[Saved data entries]
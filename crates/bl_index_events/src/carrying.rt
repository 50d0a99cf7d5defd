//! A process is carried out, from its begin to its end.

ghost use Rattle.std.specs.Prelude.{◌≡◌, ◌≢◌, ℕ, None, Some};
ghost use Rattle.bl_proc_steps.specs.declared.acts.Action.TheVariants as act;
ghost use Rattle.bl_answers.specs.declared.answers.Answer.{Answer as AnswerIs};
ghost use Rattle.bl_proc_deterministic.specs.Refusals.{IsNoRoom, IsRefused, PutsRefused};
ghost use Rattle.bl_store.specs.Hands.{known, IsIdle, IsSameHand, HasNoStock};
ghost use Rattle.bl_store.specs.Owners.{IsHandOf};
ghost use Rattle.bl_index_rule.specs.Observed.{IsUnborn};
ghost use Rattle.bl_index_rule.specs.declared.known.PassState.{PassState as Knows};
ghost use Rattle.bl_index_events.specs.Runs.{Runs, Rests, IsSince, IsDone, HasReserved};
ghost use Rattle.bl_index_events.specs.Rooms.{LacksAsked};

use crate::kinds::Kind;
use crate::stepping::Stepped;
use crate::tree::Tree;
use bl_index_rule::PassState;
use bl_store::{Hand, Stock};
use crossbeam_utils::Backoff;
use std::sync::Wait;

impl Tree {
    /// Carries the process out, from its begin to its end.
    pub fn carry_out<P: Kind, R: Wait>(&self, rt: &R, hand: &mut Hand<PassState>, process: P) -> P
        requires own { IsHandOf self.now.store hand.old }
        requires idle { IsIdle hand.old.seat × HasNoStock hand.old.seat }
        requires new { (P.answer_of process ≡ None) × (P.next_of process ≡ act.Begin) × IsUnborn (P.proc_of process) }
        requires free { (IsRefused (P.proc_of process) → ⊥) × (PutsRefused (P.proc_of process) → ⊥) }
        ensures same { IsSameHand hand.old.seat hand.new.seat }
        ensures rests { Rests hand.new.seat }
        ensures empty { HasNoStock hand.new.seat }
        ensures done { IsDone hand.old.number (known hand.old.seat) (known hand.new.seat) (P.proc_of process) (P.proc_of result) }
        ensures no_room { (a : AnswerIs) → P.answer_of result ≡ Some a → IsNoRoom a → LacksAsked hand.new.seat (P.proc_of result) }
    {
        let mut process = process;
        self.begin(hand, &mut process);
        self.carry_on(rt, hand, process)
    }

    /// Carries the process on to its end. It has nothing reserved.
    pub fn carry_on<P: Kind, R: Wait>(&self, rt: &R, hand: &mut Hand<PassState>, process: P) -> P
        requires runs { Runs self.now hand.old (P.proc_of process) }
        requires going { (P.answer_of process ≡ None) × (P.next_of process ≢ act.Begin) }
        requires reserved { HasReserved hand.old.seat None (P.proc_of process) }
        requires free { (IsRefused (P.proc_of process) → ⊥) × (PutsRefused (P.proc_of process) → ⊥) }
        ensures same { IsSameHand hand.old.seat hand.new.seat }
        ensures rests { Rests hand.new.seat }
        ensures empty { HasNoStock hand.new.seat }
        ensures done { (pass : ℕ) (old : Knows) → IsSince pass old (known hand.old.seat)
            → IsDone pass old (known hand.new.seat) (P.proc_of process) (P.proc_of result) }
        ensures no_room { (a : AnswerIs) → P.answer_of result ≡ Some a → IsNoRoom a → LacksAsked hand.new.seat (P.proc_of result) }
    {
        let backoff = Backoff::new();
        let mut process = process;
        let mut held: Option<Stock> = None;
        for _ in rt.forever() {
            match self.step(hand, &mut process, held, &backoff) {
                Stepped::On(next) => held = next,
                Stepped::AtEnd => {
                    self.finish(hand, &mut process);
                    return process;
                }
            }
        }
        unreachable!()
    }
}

--

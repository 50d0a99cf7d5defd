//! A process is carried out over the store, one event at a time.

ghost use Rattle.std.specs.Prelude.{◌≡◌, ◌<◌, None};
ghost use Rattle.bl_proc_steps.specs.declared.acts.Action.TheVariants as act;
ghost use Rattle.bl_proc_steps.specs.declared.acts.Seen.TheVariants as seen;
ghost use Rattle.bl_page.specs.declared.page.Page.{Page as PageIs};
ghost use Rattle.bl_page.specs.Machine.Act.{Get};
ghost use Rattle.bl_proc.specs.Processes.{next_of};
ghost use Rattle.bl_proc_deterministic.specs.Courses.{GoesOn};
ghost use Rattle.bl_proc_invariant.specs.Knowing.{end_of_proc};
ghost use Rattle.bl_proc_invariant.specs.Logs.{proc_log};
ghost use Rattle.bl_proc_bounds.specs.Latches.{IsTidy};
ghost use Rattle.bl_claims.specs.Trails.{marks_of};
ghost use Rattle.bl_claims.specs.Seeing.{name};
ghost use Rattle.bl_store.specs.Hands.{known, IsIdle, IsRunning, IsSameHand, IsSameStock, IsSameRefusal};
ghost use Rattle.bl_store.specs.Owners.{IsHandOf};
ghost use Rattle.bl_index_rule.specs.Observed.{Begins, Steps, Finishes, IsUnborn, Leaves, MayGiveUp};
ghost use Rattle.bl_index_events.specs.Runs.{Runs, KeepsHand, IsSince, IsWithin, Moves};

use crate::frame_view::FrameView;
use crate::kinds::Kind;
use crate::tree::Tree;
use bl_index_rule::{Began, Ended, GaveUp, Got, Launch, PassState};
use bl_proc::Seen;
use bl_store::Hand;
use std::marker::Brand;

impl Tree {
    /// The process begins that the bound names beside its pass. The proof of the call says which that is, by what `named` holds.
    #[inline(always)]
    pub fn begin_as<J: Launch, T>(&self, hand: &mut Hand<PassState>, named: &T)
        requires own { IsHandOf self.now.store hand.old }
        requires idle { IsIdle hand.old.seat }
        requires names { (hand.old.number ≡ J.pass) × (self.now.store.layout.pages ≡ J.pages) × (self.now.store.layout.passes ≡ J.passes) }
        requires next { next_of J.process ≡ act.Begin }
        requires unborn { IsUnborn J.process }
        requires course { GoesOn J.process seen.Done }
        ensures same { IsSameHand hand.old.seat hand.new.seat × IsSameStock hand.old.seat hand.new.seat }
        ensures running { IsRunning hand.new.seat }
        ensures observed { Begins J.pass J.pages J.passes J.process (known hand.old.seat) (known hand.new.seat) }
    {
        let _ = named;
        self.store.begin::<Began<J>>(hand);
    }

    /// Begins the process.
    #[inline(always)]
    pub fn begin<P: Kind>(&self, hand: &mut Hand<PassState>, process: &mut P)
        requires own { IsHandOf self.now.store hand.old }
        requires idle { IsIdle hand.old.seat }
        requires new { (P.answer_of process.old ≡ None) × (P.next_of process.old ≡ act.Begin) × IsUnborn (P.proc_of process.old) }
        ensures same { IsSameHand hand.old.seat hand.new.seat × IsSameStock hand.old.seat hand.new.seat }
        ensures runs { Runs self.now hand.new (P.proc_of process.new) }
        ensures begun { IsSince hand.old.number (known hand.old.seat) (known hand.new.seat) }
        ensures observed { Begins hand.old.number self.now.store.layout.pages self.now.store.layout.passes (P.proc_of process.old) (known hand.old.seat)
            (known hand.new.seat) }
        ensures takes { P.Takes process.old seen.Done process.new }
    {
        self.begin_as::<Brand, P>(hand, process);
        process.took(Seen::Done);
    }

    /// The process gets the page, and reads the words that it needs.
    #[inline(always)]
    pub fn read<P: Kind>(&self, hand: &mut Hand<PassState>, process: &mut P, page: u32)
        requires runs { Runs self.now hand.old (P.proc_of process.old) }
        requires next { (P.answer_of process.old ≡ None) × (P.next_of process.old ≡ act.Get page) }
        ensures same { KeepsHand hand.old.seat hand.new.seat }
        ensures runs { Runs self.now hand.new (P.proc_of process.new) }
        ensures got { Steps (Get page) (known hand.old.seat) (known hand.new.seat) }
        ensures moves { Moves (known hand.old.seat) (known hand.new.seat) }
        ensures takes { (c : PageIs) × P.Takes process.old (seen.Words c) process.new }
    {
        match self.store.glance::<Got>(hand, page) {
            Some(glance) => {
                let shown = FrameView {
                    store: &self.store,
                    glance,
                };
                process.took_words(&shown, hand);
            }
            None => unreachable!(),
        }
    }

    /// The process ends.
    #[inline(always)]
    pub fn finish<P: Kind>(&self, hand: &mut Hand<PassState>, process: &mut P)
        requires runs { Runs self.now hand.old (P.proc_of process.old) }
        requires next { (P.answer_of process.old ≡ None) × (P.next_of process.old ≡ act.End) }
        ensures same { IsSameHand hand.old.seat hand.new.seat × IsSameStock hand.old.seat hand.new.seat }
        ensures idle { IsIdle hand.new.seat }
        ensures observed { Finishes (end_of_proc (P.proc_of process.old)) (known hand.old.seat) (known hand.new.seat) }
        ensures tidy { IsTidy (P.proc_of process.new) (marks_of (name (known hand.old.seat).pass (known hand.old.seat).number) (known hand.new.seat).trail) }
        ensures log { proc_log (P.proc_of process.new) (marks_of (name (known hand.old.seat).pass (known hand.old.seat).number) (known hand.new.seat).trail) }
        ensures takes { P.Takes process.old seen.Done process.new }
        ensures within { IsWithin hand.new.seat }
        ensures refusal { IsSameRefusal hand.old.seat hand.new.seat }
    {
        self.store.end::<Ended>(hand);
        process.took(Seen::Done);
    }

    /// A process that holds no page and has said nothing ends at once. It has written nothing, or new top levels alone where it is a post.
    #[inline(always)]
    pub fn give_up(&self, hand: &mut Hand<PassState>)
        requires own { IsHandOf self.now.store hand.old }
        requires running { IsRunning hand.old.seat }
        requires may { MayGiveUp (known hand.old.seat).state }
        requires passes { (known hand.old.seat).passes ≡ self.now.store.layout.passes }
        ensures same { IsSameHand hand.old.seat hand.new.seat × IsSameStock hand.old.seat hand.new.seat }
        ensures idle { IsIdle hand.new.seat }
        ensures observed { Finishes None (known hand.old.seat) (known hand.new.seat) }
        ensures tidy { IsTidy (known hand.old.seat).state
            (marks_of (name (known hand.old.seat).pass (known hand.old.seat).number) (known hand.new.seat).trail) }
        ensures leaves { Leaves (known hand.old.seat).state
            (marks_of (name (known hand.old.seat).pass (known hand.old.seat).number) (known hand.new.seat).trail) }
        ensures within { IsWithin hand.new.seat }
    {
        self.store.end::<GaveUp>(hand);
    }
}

What this task involves: Pull together all lines from the data that mention the word "named".

Result of the exercise:
    /// The process begins that the bound names beside its pass. The proof of the call says which that is, by what `named` holds.
    pub fn begin_as<J: Launch, T>(&self, hand: &mut Hand<PassState>, named: &T)
        let _ = named;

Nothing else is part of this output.